The post FED Researchers Say Kalshi Data Could Improve Rate Expectation Tracking appeared first on Coinpedia Fintech News
Researchers linked to the Federal Reserve say prediction market data from Kalshi could help policymakers better measure economic expectations. In their paper, “Kalshi and the Rise of Macro Markets,” they argue that managing expectations is central to monetary policy, but traditional tools such as surveys and financial derivatives have clear limits.
Surveys are often slow and reflect past sentiment. Market-based indicators like bond yields or futures contracts can be complex and are not always tied directly to specific policy decisions. The researchers say Kalshi provides a more direct and real-time view of how traders interpret economic developments.
How Kalshi Measures Expectations in Real Time
Kalshi allows users to trade contracts linked to macroeconomic outcomes, including inflation (CPI), payroll data, GDP growth, and Federal Open Market Committee rate decisions. Each contract reflects the probability of a specific event taking place.
Because these probabilities update throughout the trading day, Kalshi shows how expectations change when new information appears.
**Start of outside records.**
// A mean of numbers in which late ones weigh more.
ghost use Rattle.std.specs.Prelude.{◌≡◌, ◌≤◌, max, min};

use std::marker::Model;

/// The greatest number that a mean takes.
pub(crate) const MOST: u64 = 1 << 48;

/// A mean of the numbers so far: each moves it by its part of the distance, which is at first one by how many there were, and
/// never less than one by the greatest weight.
#[derive(Debug, Drop)]
pub(crate) struct Mean {
    value: u64,
    weight: u64,
    most_weight: u64,
}

impl Model for Mean {
    ghost use Rattle.std.specs.Prelude.{ℕ, ◌≤◌};
    ghost use Rattle.lls_solver.specs.declared.mean.TheConstants.{MOST};

    ghost Value = { ℕ };

    ghost view = { λ m. m.value };

    ghost invariant = { λ m. (m.value ≤ MOST) × ((m.weight ≤ m.most_weight) × (1 ≤ m.most_weight)) };
}

impl Mean {
    /// The mean of no number, which is 0.
    pub(crate) fn new(most_weight: u64) -> Mean
        requires { 1 ≤ most_weight }
        ensures { result ≡ 0 }
    {
        Mean {
            value: 0,
            weight: 0,
            most_weight,
        }
    }

    pub(crate) fn value(&self) -> u64
        ensures value { result ≡ self.now }
        ensures most { result ≤ MOST }
    {
        self.value
    }

    /// Moves towards a number.
    pub(crate) fn take(&mut self, number: u64)
        requires { number ≤ MOST }
        ensures least { min self.old number ≤ self.new }
        ensures most { self.new ≤ max self.old number }
    {
        if self.weight < self.most_weight {
            self.weight += 1;
        }
        self.value = moved(self.value, number, self.weight);
    }
}

// A value that moved to a number by one part of so many of the distance.
fn moved(value: u64, number: u64, parts: u64) -> u64
    requires { 1 ≤ parts }
    ensures least { min value number ≤ result }
    ensures most { result ≤ max value number }
{
    if number >= value {
        value + (number - value) / parts
    } else {
        value - (value - number) / parts
    }
}
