// What a searcher decides first: by what is given, or by what is drawn from a seed.
ghost use Rattle.std.specs.Prelude.{◌≡◌, ◌≤◌, length, replicate, true, EachIndex, IfOk};
ghost use Rattle.lls_lit.specs.Formula.{value_at};

use crate::manner::Manner;
use lls_base::Memory;
use lls_lit::Var;
use lls_numbers::after;
use lls_order::EitherOrder;
use std::alloc::Global;

/// What a searcher decides first, where its contracts leave it free.
#[derive(Clone, Copy, Debug)]
pub struct Start<'p> {
    /// The values that the first decisions go towards, by variable, and towards false past their end. They are best those of an assignment
    /// that nearly satisfies the formula: the search begins near it.
    pub phases: &'p [bool],
    /// A number from which it is drawn at which variable the search begins, and where there are no phases, which values the first decisions
    /// go towards.
    pub first: Option<u64>,
}

/// The order by which a searcher of this manner decides.
pub(crate) fn order_of(
    alloc: Global,
    vars: u32,
    manner: Manner,
    first: Option<u64>,
) -> Result<EitherOrder, Memory>
    requires { vars ≤ Var.MOST }
    ensures vars { IfOk result (λ order. order.order.vars ≡ vars) }
    ensures inside { IfOk result (λ order. order.order.inside ≡ replicate vars true) }
{
    let mut order = match manner {
        Manner::Restless => EitherOrder::queue(alloc, vars)?,
        Manner::Steady | Manner::Aiming => EitherOrder::heap(alloc, vars)?,
    };
    if let Some(seed) = first {
        begin_at(&mut order, drawn_variable(vars, seed));
    }
    Ok(order)
}

/// Has the variables from a number on be decided before the others, those of lesser numbers first.
pub(crate) fn begin_at(order: &mut EitherOrder, first: u32)
    ensures vars { order.new.order.vars ≡ order.old.order.vars }
    ensures inside { order.new.order.inside ≡ order.old.order.inside }
{
    for n in (first..order.vars() + 1).rev() {
        if let Some(var) = Var::from_number(n) {
            order.bump(var);
        }
    }
}

// The number of a variable, or 0, drawn from a seed.
fn drawn_variable(vars: u32, seed: u64) -> u32 {
    ((after(seed) >> 32) % (u64::from(vars) + 1)) as u32
}

/// So many values, by variable: those with which a searcher starts.
pub(crate) fn phases_of(alloc: Global, vars: u32, start: Start) -> Result<Vec<bool>, Memory>
    ensures { IfOk result (λ phases. length phases.items ≡ vars) }
{
    match start.first {
        Some(seed) if start.phases.is_empty() => drawn_values(alloc, vars, seed),
        _ => padded(alloc, vars, start.phases),
    }
}

// So many values, by variable: those that are given, and false past their end.
fn padded(alloc: Global, vars: u32, given: &[bool]) -> Result<Vec<bool>, Memory>
    ensures len { IfOk result (λ phases. length phases.items ≡ vars) }
    ensures values { IfOk result (λ phases. EachIndex phases.items (λ n. value_at phases.items n ≡ value_at given.now n)) }
{
    let mut phases = Vec::with_capacity(alloc, vars as usize)?;
    for n in 0..vars as usize {
        phases.push(n < given.len() && given[n])?;
    }
    Ok(phases)
}

// So many values that are drawn from a seed.
fn drawn_values(alloc: Global, vars: u32, seed: u64) -> Result<Vec<bool>, Memory>
    ensures { IfOk result (λ values. length values.items ≡ vars) }
{
    let mut values = Vec::with_capacity(alloc, vars as usize)?;
    let mut number = after(seed);
    for n in 0..vars {
        number = after(number);
        values.push(is_true(number))?;
    }
    Ok(values)
}

// Whether a value that is drawn by a number is true: so is one in four, for most cells of a pattern are dead.
fn is_true(number: u64) -> bool {
    number >> 62 == 0
}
When a Fed official speaks or fresh economic data is released, market pricing shifts immediately.
For example, the implied probability of a July rate cut rose to 25 percent after comments from Fed Governors Christopher Waller and Michelle Bowman. It later declined following a stronger-than-expected employment report. This quick reaction shows how prediction markets adjust faster than many traditional measures.
The researchers suggest that this data could be used to build risk-neutral probability density models, which estimate possible interest rate outcomes and their likelihood for upcoming meetings.
Potential Impact on Crypto and Prediction Markets
Prediction markets have grown rapidly, with platforms such as Kalshi and Polymarket surpassing 10 billion dollars in monthly trading volume. While Kalshi operates under US regulation and is not fully crypto-based, the broader sector overlaps with blockchain platforms.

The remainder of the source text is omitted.